[LXD] Restrict CPU placement to NUMA nodes

gabrielmougard · June 6, 2023, 5:59pm


Project	LXD
Status	Implemented
Release	5.15
Internal ID	LX042

Abstract

This feature will introduce a new limits.cpu.nodes config key which takes a range or comma separate list of NUMA nodes.

When set, any dynamic value of limits.cpu will trigger our scheduler to only place the instance CPUs within the configured set of NUMA nodes.

Rationale

Memory access is always the fastest, when the CPU can access its local memory. NUMA Nodes are CPU/Memory couples. Typically, the CPU socket and the closest memory banks build a NUMA Node. Whenever a CPU needs to access the memory of another NUMA node, it cannot access it directly but is required to access it through the CPU owning the memory. The performance degradation in a case where the CPU is not being able to access the memory through the local NUMA node can be massive and slow down the application a lot.

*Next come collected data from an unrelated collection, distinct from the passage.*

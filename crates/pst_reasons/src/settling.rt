// Looking at constraints again where a bound of one of their variables moved, with what moved noted.
ghost use Rattle.std.specs.Prelude.{◌≡◌, ℕ, ◌<◌, ◌≤◌, length, map, drop, true, false, None, Some, Ok, Contains, OnOk, OnErr, Option, Bool};
ghost use Rattle.pst_expr.specs.Tree.{Expression, view};
ghost use Rattle.pst_domain.specs.Bounds.{AreUpright};
ghost use Rattle.pst_narrow.specs.Trail.{AreBelow};
ghost use Rattle.pst_narrow.specs.Solutions.{IsMet, AreMet};
ghost use Rattle.pst_narrow.specs.Narrowing.{IsStep, HaveVariablesBelow, AreOpen};
ghost use Rattle.pst_narrow.specs.Watch.{IsNumbered, IsWatch};
ghost use Rattle.pst_narrow.specs.Settled.{IsUnrefused, QuietAreOpen, AreLookedAt, IsOfRow};
ghost use Rattle.pst_reasons.specs.Settled.{fits, KeepExplained, IsUnmetAt, IsNoted, IsAppended};

use crate::step::{Cause, Step};
use pst_base::NoMemory;
use pst_domain::Bounds;
use pst_expr::Expr;
use pst_narrow::{Trail, Watch, look_again, narrowing_is_local};

// How many changes may be made beside those of each constraint, before constraints are only tested.
const CHANGES: usize = 2_000;

// Notes what a constraint moved, where it moved anything.
fn note(number: u32, mark: usize, trail: &Trail, steps: &mut Vec<Step>) -> Result<(), NoMemory>
    ensures noted { OnOk result (IsNoted number mark trail.now steps.old.items steps.new.items) }
    ensures same { OnErr result (steps.new.items ≡ steps.old.items) }
{
    if trail.mark() <= mark {
        return Ok(());
    }
    steps.push(Step {
        cause: Cause::Constraint(number),
        mark,
    })?;
    Ok(())
}

// Looks at a constraint, and notes what it moved. False where it can't hold; then nothing is changed.
fn look_at(
    constraints: &[Expr],
    number: u32,
    limit: usize,
    bounds: &mut Bounds,
    trail: &mut Trail,
    steps: &mut Vec<Step>,
) -> Result<bool, NoMemory>
    requires upright { AreUpright bounds.old }
    requires variables { HaveVariablesBelow (length bounds.old) (map view constraints.now) }
    requires number { number < length constraints.now }
    ensures step { (e : Expression) → IsNumbered (map view constraints.now) number e → IsStep (IsMet e) bounds.old bounds.new trail.old trail.new result }
    ensures tested { result ≡ Ok true → (e : Expression) → IsNumbered (map view constraints.now) number e → IsUnrefused e bounds.new }
    ensures explained { (b : Bool) → result ≡ Ok b → KeepExplained (map view constraints.now) steps.old.items steps.new.items trail.old trail.new bounds.old bounds.new }
    ensures unmet { result ≡ Ok false → IsUnmetAt (map view constraints.now) number bounds.new }
    ensures appended { IsAppended steps.old.items steps.new.items }
{
    narrowing_is_local();
    let mark = trail.mark();
    if !look_again(&constraints[number as usize], limit, bounds, trail)? {
        trail.undo(mark, bounds);
        return Ok(false);
    }
    note(number, mark, trail, steps)?;
    Ok(true)
}

// Each constraint of a row once. The number of one that can't hold.
fn look_at_row(
    constraints: &[Expr],
    row: &[u32],
    limit: usize,
    bounds: &mut Bounds,
    trail: &mut Trail,
    steps: &mut Vec<Step>,
) -> Result<Option<u32>, NoMemory>
    requires upright { AreUpright bounds.old }
    requires variables { HaveVariablesBelow (length bounds.old) (map view constraints.now) }
    requires numbers { (c : ℕ) → Contains row.now c → c < length constraints.now }
    ensures step { IsStep (AreMet (map view constraints.now)) bounds.old bounds.new trail.old trail.new (fits result) }
    ensures looked { result ≡ Ok None → AreLookedAt (IsOfRow row.now bounds.old) (map view constraints.now) trail.old trail.new bounds.new }
    ensures explained { (found : Option ℕ) → result ≡ Ok found → KeepExplained (map view constraints.now) steps.old.items steps.new.items trail.old trail.new bounds.old bounds.new }
    ensures unmet { (c : ℕ) → result ≡ Ok (Some c) → IsUnmetAt (map view constraints.now) c bounds.new }
    ensures appended { IsAppended steps.old.items steps.new.items }
{
    for number in row {
        if !look_at(constraints, *number, limit, bounds, trail, steps)? {
            return Ok(Some(*number));
        }
    }
    Ok(None)
}

/// Narrows by the constraints whose variables were changed from a place of the trail on, and so on while bounds move,
/// and notes by which constraints. The number of a constraint that can't hold within the bounds, or none.
pub fn settle(
    constraints: &[Expr],
    watch: &Watch,
    from: usize,
    bounds: &mut Bounds,
    trail: &mut Trail,
    steps: &mut Vec<Step>,
) -> Result<Option<u32>, NoMemory>
    requires upright { AreUpright bounds.old }
    requires watch { IsWatch (map view constraints.now) (length bounds.old) watch.now }
    requires variables { HaveVariablesBelow (length bounds.old) (map view constraints.now) }
    requires changed { AreBelow (length bounds.old) (drop from trail.old) }
    requires room { from ≤ length trail.old }
    requires quiet { QuietAreOpen (map view constraints.now) (drop from trail.old) bounds.old }
    ensures step { IsStep (AreMet (map view constraints.now)) bounds.old bounds.new trail.old trail.new (fits result) }
    ensures unrefused { result ≡ Ok None → AreOpen (map view constraints.now) bounds.new }
    ensures explained { (found : Option ℕ) → result ≡ Ok found → KeepExplained (map view constraints.now) steps.old.items steps.new.items trail.old trail.new bounds.old bounds.new }
    ensures unmet { (c : ℕ) → result ≡ Ok (Some c) → IsUnmetAt (map view constraints.now) c bounds.new }
    ensures appended { IsAppended steps.old.items steps.new.items }
{
    let limit = trail
        .mark()
        .saturating_add(constraints.len().saturating_mul(64));
    let limit = limit.saturating_add(CHANGES);
    for at in from..usize::MAX {
        if at >= trail.mark() {
            return Ok(None);
        }
        let row = watch.constraints_of(trail.formers()[at].variable);
        match look_at_row(constraints, row, limit, bounds, trail, steps)? {
            Some(number) => return Ok(Some(number)),
            None => {}
        }
    }
    // No trail is that long.
    Err(NoMemory)
}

In order to avoid such cases, we would like to give the user the option to restrict instance CPUs to a set of specified NUMA nodes. As such, we could have an instance that has an optimized memory locality, or processor load, specifying a set of NUMA nodes that are close to each other.

Specification

Design

In a case where the specified limits.cpu is dynamic (i.e, a given number of CPUs to use) and not pinned (i.e, a given list of CPU thread IDs or range of CPU thread IDs), we will consider reading the value of limits.cpu.nodes which is either a list of NUMA node IDs or a range of NUMA node IDs.

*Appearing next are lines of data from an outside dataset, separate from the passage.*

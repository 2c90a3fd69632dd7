//! What a body keeps while it runs. All of its memory is taken at the body's start.
ghost use Rattle.std.specs.Prelude.{◌≡◌, ◌+◌, ◌<◌, ◌≤◌, ◌++◌, ◌∷◌, ◌^◌, [], ℕ, pos, length, map, replicate, slice_set, vec_capacity, IfOk, MatchResult};
ghost use Rattle.pst_expr.specs.Value.{variable_value};
ghost use Rattle.pst_model.specs.Limits.{most_parameters};
ghost use Rattle.pst_model.specs.ConstraintTree.{view_slot, view_constraint};
ghost use Rattle.pst_legal.specs.Body.{slot_value as slot_value_of, value_now, most_counts};
ghost use Rattle.pst_body.specs.Sites.{place_of};
ghost use Rattle.pst_body.specs.Stores.{state_of};
ghost use Rattle.pst_body.specs.Ready.{CanEvaluate};

use crate::ending::BodyEnd;
use crate::site::Site;
use crate::slot::slot_value;
use crate::turns::Turns;
use pst_base::NoMemory;
use pst_expr::{Env, eval};
use pst_model::{Constraint, Slot};
use std::alloc::Global;
use std::marker::Model;

/// How many statements and turns of a body may begin.
const MOST_COUNTS: u32 = 1000;

/// The most parameters of a function.
const MOST_PARAMETERS: usize = 64;

/// As many slots as variables can name.
const MOST_ROOM: usize = 0x1_0000_0000;

/// What a body keeps while it runs.
#[derive(Drop)]
pub(crate) struct Memory {
    /// The values of the locals.
    locals: Vec<i64>,
    /// The values of the slots of an expression, with room for the most slots of an expression of the body.
    values: Env,
    /// The arguments of the next call.
    arguments: Vec<i64>,
    /// How many statements and turns have begun.
    count: u32,
    /// How many calls were answered.
    calls: u32,
}

impl Model for Memory {
    ghost use Rattle.pst_body.specs.Stores.{Store};

    ghost Value = { Store };

    ghost use Rattle.pst_body.specs.Kept.{store_of, IsKept};

    ghost view = { store_of };

    ghost invariant = { IsKept };
}

/// Writes the values of the slots to the variables of the same numbers.
fn write_values(
    values: &mut Env,
    site: &Site<'_>,
    turns: &Turns<'_>,
    locals: &[i64],
    slots: &[Slot],
)
    requires fits { length slots.now ≤ length values.old }
    requires small { length values.old ≤ 2 ^ 32 }
    ensures room { length values.new ≡ length values.old }
    ensures written { (i : ℕ) → i < length slots.now → variable_value values.new i ≡ variable_value (map (slot_value_of (place_of site.now turns.now) locals.now) (map view_slot slots.now)) i }
{
    for i in 0..slots.len() {
        values.set(i as u32, slot_value(site, turns, locals, &slots[i]));
    }
}

/// Writes an argument, for which there is room.
fn write_argument(arguments: &mut Vec<i64>, value: i64)
    requires { length arguments.old.items < vec_capacity arguments.old }
    ensures items { arguments.new.items ≡ arguments.old.items ++ value ∷ [] }
    ensures capacity { vec_capacity arguments.old ≤ vec_capacity arguments.new }
{
    let _pushed = arguments.push(value);
}

impl Memory {
    /// The memory of a body with so many locals, which are 0, whose expressions have so many slots at most. More than 2^32
    /// slots, which variables couldn't name, are too many for it.
    pub(crate) fn new(alloc: Global, locals: usize, room: usize) -> Result<Memory, NoMemory>
        ensures { IfOk result (λ m. m ≡ record { locals = replicate locals (pos 0); room = room; arguments = []; count = 0; calls = 0 }) }
    {
        if room > MOST_ROOM {
            return Err(NoMemory);
        }
        let locals = Vec::from_elem(alloc, 0, locals)?;
        let values = Env::new(Vec::from_elem(alloc, None, room)?);
        let arguments = Vec::with_capacity(alloc, MOST_PARAMETERS)?;
        Ok(Memory {
            locals,
            values,
            arguments,
            count: 0,
            calls: 0,
        })
    }

    /// The value of an expression.
    pub(crate) fn value(
        &mut self,
        site: &Site<'_>,
        turns: &Turns<'_>,
        constraint: &Constraint,
    ) -> Option<i64>
        requires { CanEvaluate self.old.room (view_constraint constraint.now) }
        ensures value { result ≡ value_now (place_of site.now turns.now) (state_of self.old []) (view_constraint constraint.now) }
        ensures same { self.new ≡ self.old }
    {
        write_values(
            &mut self.values,
            site,
            turns,
            self.locals.as_slice(),
            constraint.slots.as_slice(),
        );
        eval(&constraint.expr, &self.values)
    }

    /// Gives a local another value.
    pub(crate) fn set_local(&mut self, local: u32, value: i64)
        ensures { self.new ≡ record self.old { locals = slice_set self.old.locals local value } }
    {
        if let Some(place) = self.locals.get_mut(local as usize) {
            *place = value;
        }
    }

    /// Counts a statement or a turn as it begins.
    pub(crate) fn tick(&mut self) -> Result<(), BodyEnd>
        ensures { MatchResult result
            (λ _. (self.old.count < most_counts) × (self.new ≡ record self.old { count = self.old.count + 1 }) × (self.new.calls < self.new.count))
            (λ end. (end ≡ BodyEnd.Trap 3) × (most_counts ≤ self.old.count) × (self.new ≡ self.old)) }
    {
        if self.count >= MOST_COUNTS {
            return Err(BodyEnd::Trap { kind: 3 });
        }
        self.count += 1;
        Ok(())
    }

    /// How many calls were answered.
    pub(crate) fn calls(&self) -> u32
        ensures value { result ≡ self.now.calls }
        ensures few { self.now.calls ≤ self.now.count }
        ensures limit { self.now.count ≤ most_counts }
    {
        self.calls
    }

    /// Counts a call that was answered.
    pub(crate) fn count_call(&mut self)
        requires { self.old.calls < self.old.count }
        ensures { self.new ≡ record self.old { calls = self.old.calls + 1 } }
    {
        self.calls += 1;
    }

    /// The arguments of the next call.
    pub(crate) fn arguments(&self) -> &[i64]
        ensures { result.now ≡ self.now.arguments }
    {
        self.arguments.as_slice()
    }

    /// Forgets the arguments.
    pub(crate) fn clear_arguments(&mut self)
        ensures { self.new ≡ record self.old { arguments = [] } }
    {
        self.arguments.clear();
    }

    /// Adds an argument.
    pub(crate) fn add_argument(&mut self, value: i64)
        requires { length self.old.arguments < most_parameters }
        ensures { self.new ≡ record self.old { arguments = self.old.arguments ++ value ∷ [] } }
    {
        write_argument(&mut self.arguments, value);
    }
}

For example, here is a NUMA configuration:

$ lscpu | grep -i numa

NUMA node(s):                    2
NUMA node0 CPU(s):               0-5,12-17
NUMA node1 CPU(s):               6-11,18-23

Here is an associated simplified image of the CPU topology:

Then, with my example in mind, if I choose limits.cpu.nodes=0, I will consider load-balancing on CPUs 0-5 and 12-17. If I choose limits.cpu.nodes=0,1 or limits.cpu.nodes=0-1 (it could be limits.cpu.nodes=0-x, x being an integer representing the upper NUMA node ID), in my example, I will consider load-balancing on all my CPUs.

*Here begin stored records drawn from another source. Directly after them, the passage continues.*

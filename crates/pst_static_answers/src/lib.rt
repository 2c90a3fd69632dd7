//! What is answered of a scenario's programs of lanes, with its text.
#![tactic(auto)]

mod answer;
mod laws;
mod show;

pub use answer::{ShownStatic, StaticAnswer};
pub use laws::static_answers_are_one;
pub use show::show_static;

What happens if limits.cpu is a number (let’s call it n) greater than the number of elements in the set of NUMA node ID ? We just chose to pin all the CPUs contained in the NUMA node set and the remainder is load-balanced as usual (not pinned)
If n is lesser or equal to the number of elements in the set of NUMA node ID, we pin the NUMA CPUs in ascending order ((NUMA_Node_0.NUMA_CPU_0 -> ... -> NUMA_Node_0.NUMA_CPU_K ) -> ... -> (NUMA_Node_L.NUMA_CPU_0 -> ... -> NUMA_Node_L.NUMA_CPU_M ) )

API changes

New limits.cpu.nodes config key which is a range or comma separate integers (each integer being a NUMA node identifier)

CLI changes

No CLI changes.

Database changes

No database changes.

stgraber · June 7, 2023, 4:32pm

I think in that scenario we should still limit to CPUs in the NUMA set.
So basically resulting in an instance with less CPUs than requested.
It’s the same behavior you get if you request more CPUs than you physically have without the NUMA set in play.

tomp · June 9, 2023, 7:40am

Thanks for this spec @gabrielmougard I appreciated the clear description of the problem space.